Dataset records:
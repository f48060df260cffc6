// The elements of a chunk as a run takes them, with nothing stored: what the run would reply, and how many bytes it would change.
#![tactic(auto)]

ghost use Rattle.chunk_element.specs.Settings.{settings_for};
ghost use Rattle.chunk_run.specs.Run.{RunReady};
ghost use Rattle.chunk_preview.specs.Foreseen.{Foreseen};

use answers::Preview;
use chunk_element::Settings;

// The first n elements, by position, up to the first refusal. An element is counted when the next turn begins, as in a run.
pub fn preview(
    src: &[u8],
    dst: &[u8],
    keys: &[u8],
    targets: &[u8],
    s: Settings,
    n: usize,
) -> Preview
    requires { RunReady s keys.now targets.now src.now dst.now n }
    ensures { Foreseen (settings_for s keys.now targets.now) s.sw s.dw src.now dst.now n result }
{
    let mut changed = 0;
    let mut tally = tallies::no_tally();
    let mut last = tallies::NO_ELEMENT;
    for i in 0..n {
        let input = i * s.sw;
        let output = i * s.dw;
        tallies::count_at(&mut tally, last);
        let fit = chunk_element::fit_at(src, keys, targets, s, input);
        let Ok(stored) = fit else {
            return Preview {
                reply: replies::reply(chunk_element::refused_at(src, s, input, i, fit), tally),
                changed,
            };
        };
        changed += hamming::distance_le(dst, output, s.dw, stored.pattern);
        last = tallies::place(stored.fared);
    }
    tallies::count_at(&mut tally, last);
    Preview {
        reply: replies::reply(Ok(()), tally),
        changed,
    }
}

Exercise: Only the lines from the one with "let mut tally = tallies::no_tally();" to the end of the listing are wanted. Print them exactly, keeping both ends.

Task response:
    let mut tally = tallies::no_tally();
    let mut last = tallies::NO_ELEMENT;
    for i in 0..n {
        let input = i * s.sw;
        let output = i * s.dw;
        tallies::count_at(&mut tally, last);
        let fit = chunk_element::fit_at(src, keys, targets, s, input);
        let Ok(stored) = fit else {
            return Preview {
                reply: replies::reply(chunk_element::refused_at(src, s, input, i, fit), tally),
                changed,
            };
        };
        changed += hamming::distance_le(dst, output, s.dw, stored.pattern);
        last = tallies::place(stored.fared);
    }
    tallies::count_at(&mut tally, last);
    Preview {
        reply: replies::reply(Ok(()), tally),
        changed,
    }
}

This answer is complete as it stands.